Pagi-pagi sekali aku pergi dari rumah. Aku tak mau ibu menjadi korban dari masalah yang ku hadapi. Ku tinggalkan sepucuk surat permohonan maafku di depan pintu kamar ibu.
Seharian aku melanglangbuana di jalanan. Langit petang yang tadinya merah saga kini telah hilang di telan kegelapan malam. Ku bergerak menuju tempat hiburan malam yang biasa ku kunjungi. Bartender sedari tadi masih setia melayaniku. Ini minuman entah gelas keberapa yang ku tegup. Di sana ku lihat Johan sedang asyik bersama para wanita-wanita cantik. Kiri-kanan dua wanita setia menyulangkan minuman untuknya.
Dia adalah orang yang membuat hidupku menderita, karena ulahnya juga aku jadi durhaka terhadap ibu kandungku. Saat bartender itu merunduk mengambilkan minuman untukku, aku pergi secepatnya sambil membawa sebuah botol kosong. Ku pecahkan botol itu hingga membentuk seperti obor patung liberty. Dengan sedikit sempoyongan, ku bejalan mendekati Johan. Ku sembunyikan pecahan kaca itu di balik jaketku. Aku berdiri di hadapannya. Dia kaget dan langsung berdiri. Tak sempat ia berbicara, pecahan botol yang tajam berkilat itu telah tertanam di perutnya yang buncit. Darah merah memuncrat deras dan bercucuran di lantai. Wanita-wanitanya menjerit histeris. Aku lari secepatnya keluar. Karena menghindari kejaran petugas keamanan dan orang-orang, aku lari sekencang mungkin.

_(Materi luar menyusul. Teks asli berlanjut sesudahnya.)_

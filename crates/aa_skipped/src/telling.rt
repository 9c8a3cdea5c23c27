//! What people are told of the files that are skipped.

ghost use Rattle.std.specs.Prelude.{◌≡◌, ◌++◌, codes, flat_map, OnOk, IfOk};
ghost use Rattle.aa_text.specs.Visible.{all_visible};
ghost use Rattle.aa_command.specs.Printed.{printed};
ghost use Rattle.aa_skipped.specs.Telling.{listed_head, listed_heads, what_is_known, skipped_words, skipped_line, skipped_text, behind_skipped, count_text};

use crate::skipped::Skipped;
use aa_command::Output;
use aa_skipping::{Head, Unread};
use aa_text::{push_fault, push_name, push_number, push_text, push_visible};
use std::alloc::{AllocError, Global};

fn push_head(out: &mut Vec<u8>, alloc: Global, head: &Head) -> Result<(), AllocError>
    ensures { OnOk result (out.new.items ≡ out.old.items ++ listed_head head.now) }
{
    push_text(out, " ")?;
    push_name(out, alloc, head.name.as_slice())
}

fn push_each_head(out: &mut Vec<u8>, alloc: Global, heads: &[Head]) -> Result<(), AllocError>
    ensures { OnOk result (out.new.items ≡ out.old.items ++ flat_map listed_head heads.now) }
{
    for head in heads {
        push_head(out, alloc, head)?;
    }
    Ok(())
}

#[tactic(auto, unfolding(crate::specs::Telling::listed_heads))]
fn push_heads(out: &mut Vec<u8>, alloc: Global, heads: &[Head]) -> Result<(), AllocError>
    ensures { OnOk result (out.new.items ≡ out.old.items ++ listed_heads heads.now) }
{
    push_number(out, heads.len())?;
    push_text(out, " profiles")?;
    push_each_head(out, alloc, heads)
}

/// Appends which profiles a file seems to hold.
fn push_known(out: &mut Vec<u8>, alloc: Global, unread: &Unread) -> Result<(), AllocError>
    ensures { OnOk result (out.new.items ≡ out.old.items ++ what_is_known unread.now) }
{
    if unread.others {
        return push_text(out, "any profiles");
    }
    push_heads(out, alloc, unread.heads.as_slice())
}

#[tactic(auto, unfolding(crate::specs::Telling::skipped_words))]
fn push_words(out: &mut Vec<u8>) -> Result<(), AllocError>
    ensures { OnOk result (out.new.items ≡ out.old.items ++ skipped_words) }
{
    push_text(out, " is skipped: ")
}

/// Appends the path of a file that is skipped.
fn push_path(out: &mut Vec<u8>, path: &[u8]) -> Result<(), AllocError>
    ensures { OnOk result (out.new.items ≡ out.old.items ++ (codes "warning: " ++ (all_visible path.now ++ skipped_words))) }
{
    push_text(out, "warning: ")?;
    push_visible(out, path)?;
    push_words(out)
}

/// Appends that a file is skipped.
#[tactic(auto, unfolding(crate::specs::Telling::skipped_line))]
fn push_line(out: &mut Vec<u8>, alloc: Global, skipped: &Skipped) -> Result<(), AllocError>
    ensures { OnOk result (out.new.items ≡ out.old.items ++ skipped_line skipped.now) }
{
    push_path(out, skipped.path.as_slice())?;
    push_known(out, alloc, &skipped.unread)?;
    push_text(out, "\n")
}

/// Appends why a file is skipped, and that it is.
#[tactic(auto, unfolding(crate::specs::Telling::skipped_text))]
fn push_skipped(out: &mut Vec<u8>, alloc: Global, skipped: &Skipped) -> Result<(), AllocError>
    ensures { OnOk result (out.new.items ≡ out.old.items ++ skipped_text skipped.now) }
{
    push_fault(out, &skipped.fault)?;
    push_line(out, alloc, skipped)
}

fn push_all(out: &mut Vec<u8>, alloc: Global, skipped: &[Skipped]) -> Result<(), AllocError>
    ensures { OnOk result (out.new.items ≡ out.old.items ++ flat_map skipped_text skipped.now) }
{
    for one in skipped {
        push_skipped(out, alloc, one)?;
    }
    Ok(())
}

/// What is printed, behind the fault of each file that is skipped, and what its heads tell of its profiles.
pub fn behind_skipped(alloc: Global, skipped: &[Skipped], own: Output) -> Result<Output, AllocError>
    ensures { IfOk result (λ out. printed out ≡ behind_skipped skipped.now (printed own)) }
{
    let mut faults = Vec::new(alloc);
    push_all(&mut faults, alloc, skipped)?;
    faults.extend_from_slice(own.faults.as_slice())?;
    Ok(Output {
        answers: own.answers,
        faults,
        refusal: own.refusal,
        status: own.status,
    })
}

/// Appends how many files are skipped, where some are.
pub fn push_skipped_count(out: &mut Vec<u8>, count: usize) -> Result<(), AllocError>
    ensures { OnOk result (out.new.items ≡ out.old.items ++ count_text count) }
{
    if count == 0 {
        return Ok(());
    }
    push_number(out, count)?;
    push_text(out, " files skipped\n")
}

Dengan pemandangan yang berkunang-kunang ku coba menyeberangi jalan raya dengan berlari. Sebuah mobil sedan  langsung menghantam tubuhku. Aku terlempar entah dimana.
Aku di bawa ke rumah sakit. Kondisiku kritis. Ibuku menangis dan terus-menerus membisikkan kalimat “Lailaahaillallaah” di dekat telingaku.
Di sampingnya aku sedang sakaratulmaut. Tetapi aku tak bisa melafalkan kalimat singkat yang telah berulang-ulang ia alunkan. Bibirku terasa kelu. Lalu aku katakan padanya “Ibu, aku melihat ayah.”